Improved calibration and use of stopped-flow instruments

Abstract

The calibration procedure of stopped-flow instruments based on the dead-time concept has been improved. It is proved theoretically and shown experimentally that the dead-time is not a simple instrumental parameter; it depends on the rate of the reaction. Two new parameters are introduced for improved calibration: the filling time of the observation cell and the theoretical starting time, which is the time elapsed between the mixer and the end of the observation cell. Various experiments are presented for the determination of these parameters. The proposed calibration procedure is based on the evaluation of all experimental curves simultaneously, taking the concentration constraints into account.
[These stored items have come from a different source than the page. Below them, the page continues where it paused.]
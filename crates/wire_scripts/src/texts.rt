//! Texts by number.

ghost use Rattle.std.specs.Prelude.{◌≡◌, ◌==◌, ◌<◌, ◌^◌, [], length, slice_index_or};
ghost use Rattle.wire_types.specs.Texts.{lists_of};
ghost use Rattle.wire_scripts.specs.Apart.{AreDistinct};
ghost use Rattle.wire_scripts.specs.Placed.{another_name, with_second};
ghost use Rattle.std.specs.Prelude.{IfOk, ◌++◌, ◌∷◌, OnOk};

use std::alloc::{AllocError, Global};
use std::marker::Model;

/// Texts, each once, with its place as its number, from 0.
pub struct Texts {
    list: Vec<Vec<u8>>,
}

// By hand and not derived: so dropping one is a call, and the proof of a function that drops one doesn't take it apart.
impl Drop for Texts {
    fn drop(self) {
        let Texts { list: _ } = self;
    }
}

impl Model for Texts {
    ghost use Rattle.std.specs.Prelude.{List, ℕ, length, ◌<◌, ◌^◌};
    ghost use Rattle.wire_types.specs.Texts.{lists_of};
    ghost use Rattle.wire_scripts.specs.Apart.{AreDistinct};

    ghost Value = { List (List ℕ) };

    ghost view = { λ t. lists_of t.list.items };

    ghost invariant = { λ t. (length t.list.items < 2 ^ 32) × AreDistinct (lists_of t.list.items) };
}

impl Texts {
    /// These texts, each of which is there once, numbered in their order.
    pub fn new(list: Vec<Vec<u8>>) -> Texts
        requires few { length list.items < 2 ^ 32 }
        requires apart { AreDistinct (lists_of list.items) }
        ensures { result ≡ lists_of list.items }
    {
        Texts { list }
    }

    /// How many texts there are.
    pub fn len(&self) -> u32
        ensures { result ≡ length self.now }
    {
        self.list.len() as u32
    }

    /// Whether there is no text.
    pub fn is_empty(&self) -> bool
        ensures { result ≡ (length self.now == 0) }
    {
        self.list.is_empty()
    }

    /// The text of a number, empty where the number has none.
    pub fn text(&self, number: u32) -> &[u8]
        ensures { result.now ≡ slice_index_or self.now number [] }
    {
        match self.list.get(number as usize) {
            Some(text) => text.as_slice(),
            None => b"".as_slice(),
        }
    }

    /// The same texts, with a second one where there is only one.
    pub(crate) fn into_two(self, alloc: Global) -> Result<Texts, AllocError>
        ensures { IfOk result (λ texts. texts ≡ with_second self) }
    {
        let Texts { mut list } = self;
        if let [only] = list.as_slice() {
            let second = other_name(alloc, only.as_slice())?;
            list.push(second)?;
        }
        Ok(Texts { list })
    }

    /// No text is there twice.
    pub fn are_apart(&self)
        ensures { AreDistinct self.now }
    {
        let _ = &self.list;
    }
}

/// A name of a node that this isn't.
fn other_name(alloc: Global, name: &[u8]) -> Result<Vec<u8>, AllocError>
    ensures { IfOk result (λ other. other.items ≡ another_name name.now) }
{
    if name == b"n1".as_slice() {
        Vec::from_slice(alloc, b"n2".as_slice())
    } else {
        Vec::from_slice(alloc, b"n1".as_slice())
    }
}

impl PartialEq for Texts {
    ghost use Rattle.wire_scripts.specs.Same.{same_texts, texts_alike};

    ghost eq = { same_texts };

    ghost laws = { texts_alike };

    fn eq(&self, other: &Texts) -> bool {
        self.list.as_slice() == other.list.as_slice()
    }
}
The simultaneous evaluation is possible because the recently developed stopped-flow spectrophotometers give accurate measured absorbances. Therefore, the use of the pseudo-first-order approach is not necessary; measurements carried out under second-order conditions may also be evaluated without any simplification. The formation kinetics of the well-known FeSCN²⁺ complex has been reinvestigated in order to compare the results of the experiments carried out under pseudo-first-order and second-order conditions. The equilibrium and kinetic studies were carried out in an extended concentration and pH range. A slightly modified mechanism, involving the reaction between Fe₂(OH)₂⁴⁺ and SCN⁻, and the appropriate rate constants are reported. The evaluation procedure developed can be extended to arbitrary reactions, and thus it increases the type of reactive chemical systems accessible for stopped-flow studies (e.g. accumulation of absorbing intermediates, autocatalytic reactions, etc.).